National law should set out a list of jobs that are considered hazardous. Certain types of work may be prohibited for workers under age 18 under any circumstances.

Youth under the age of 18 should not be required to work overtime or at night, as this is considered harmful for them.


Often national law requires employers to keep records that document the age of workers and/or to keep a register of workers under the age of 18. These practices can provide evidence to show that the employer is complying with national laws on child labour.

Types of employer action that can lead to non-compliance

  • Hiring workers who have not yet reached minimum working age.
  • Engaging workers under age 18 in work that is likely to harm their health, safety or morals, or to work that could expose them to physical, sexual or psychological abuse.
  • Employing workers under age 18 in hazardous work without meeting the necessary conditions and training requirements for them to perform the work.
  • Allowing workers under age 18 to work overtime or at night.
  • Failing to verify workers’ ages prior to hiring, or to comply with national law regarding documentation of workers under age 18.

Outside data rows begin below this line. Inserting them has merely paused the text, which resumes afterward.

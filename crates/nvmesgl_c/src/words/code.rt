//! The codes that calls answer, as `c/nvmesgl.h` names them.

ghost use Rattle.std.specs.Prelude.{◌≡◌};
ghost use Rattle.nvmesgl_c.specs.Codes as codes;
ghost use Rattle.nvmesgl_c.specs.Keeping as keeping;

use io_commands::{FillFault, RequestFault};
use machine_model::words::{OpenRefusal, Refusal};

/// It was done.
pub const DONE: u32 = 0;
/// The handle is closed.
pub const CLOSED: u32 = 1;
/// The handle is open already.
pub const OPEN: u32 = 2;
/// No value of the fitting kind has this queue and identifier.
pub const NO_VALUE: u32 = 3;
/// No kind of command has this number.
pub const NO_KIND: u32 = 4;
/// The buffer is too short.
pub const TOO_SHORT: u32 = 5;
/// The pool has no such page.
pub const NO_PAGE: u32 = 6;
/// The options, or a request, have another size.
pub const BAD_SIZE: u32 = 7;
/// A reserved word of the options, or of a request, is not 0, or a flag or the block size of a request is unknown.
pub const BAD_OPTION: u32 = 8;
/// The image is not 1 to 65,536 whole blocks.
pub const BAD_IMAGE: u32 = 9;
/// Memory was refused.
pub const MEMORY: u32 = 15;
/// The kind of a piece is neither data nor a bucket.
pub const BAD_PIECE: u32 = 56;
/// No blocks, or more than a command moves.
pub const BAD_COUNT: u32 = 43;

/// No handle of the kind that the call takes.
pub const NO_HANDLE: u32 = 57;

/// The code of a handle that keeps nothing, by its mark: it is closed, or not of this kind.
pub fn code_of_mark(mark: u32) -> u32
    ensures { result ≡ keeping.code_of_mark mark }
{
    if mark == 0 { CLOSED } else { NO_HANDLE }
}

/// What an opening of a handle is refused with, by its mark and by that of its kind: it is open, or not of this kind.
pub fn cause_of_mark(mark: u32, own: u32) -> Option<u32>
    ensures { result ≡ keeping.cause_by own mark }
{
    if mark == own {
        return Some(OPEN);
    }
    if mark == 0 { None } else { Some(NO_HANDLE) }
}

/// The code of a fault of a request.
fn code_of_request_fault(why: RequestFault) -> u32
    ensures { result ≡ codes.code_of_request_fault why }
{
    match why {
        RequestFault::TooManyPieces => 40,
        RequestFault::EmptyPiece => 41,
        RequestFault::CrossesPage => 42,
        RequestFault::BadCount => BAD_COUNT,
        RequestFault::LengthMismatch => 44,
        RequestFault::HostsOwn => 47,
    }
}

/// The code of a refusal.
pub fn code_of_refusal(why: Refusal) -> u32
    ensures { result ≡ codes.code_of_refusal why }
{
    match why {
        Refusal::NoQueue => 10,
        Refusal::Deleting => 11,
        Refusal::Bad(fault) => code_of_request_fault(fault),
        Refusal::OtherBlocks => 35,
        Refusal::NoIdentifier => 13,
        Refusal::NoPages { .. } => 14,
        Refusal::Memory => 15,
        Refusal::Stranger => 16,
        Refusal::NotBuilt => 17,
        Refusal::QueueGone => 18,
        Refusal::QueueFull => 19,
        Refusal::NotYet => 20,
        Refusal::WrongState => 21,
        Refusal::NoSuchCommand => 22,
        Refusal::NotDeleted => 23,
        Refusal::NotDrained => 24,
        Refusal::Outstanding => 25,
        Refusal::NoRun { .. } => 26,
        Refusal::NoSlot => 27,
        Refusal::Idle => 28,
        Refusal::SlotOut => 29,
        Refusal::Full => 30,
        Refusal::NoJob => 31,
        Refusal::Nothing => 32,
        Refusal::Walking => 33,
        Refusal::Waits => 34,
    }
}

/// The code of a draft that was not filled.
pub fn code_of_fill_fault(why: FillFault) -> u32
    ensures { result ≡ codes.code_of_fill_fault why }
{
    match why {
        FillFault::NotASource => 45,
        FillFault::WrongLength => 46,
    }
}

/// The code of an opening that was refused.
pub fn code_of_open_refusal(why: OpenRefusal) -> u32
    ensures { result ≡ codes.code_of_open_refusal why }
{
    match why {
        OpenRefusal::BadConfig => 12,
        OpenRefusal::NoPages { .. } => 14,
        OpenRefusal::Memory => 15,
    }
}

Key action points for employers

  • Check the minimum age for employment according to national law.
  • Create a procedure to ensure that all workers are above the minimum legal working age at the time of hiring (e.g., asking for identity documents to check dates of birth).
  • Ensure that workers age 12-15 are only doing light work outside school hours in accordance with national law, or working in a government-approved training program.
  • Make sure that workers under 18 are not exposed to verbal or physical abuse in the workplace.
  • Make sure that workers under 18 are not required to work under hazardous conditions unless all conditions and requirements are satisfied.
  • Check to see whether national law sets out a list of prohibited jobs for workers under age 18.
  • Do not permit overtime or night work for young workers.
  • Check national law for additional restrictions on working hours for workers under age 18.
  • At a minimum, ensure that young workers have at least 12 hours of rest each day and one day off work per week.
  • Keep a register of all workers under age 18, and comply with national requirements to document workers’ ages.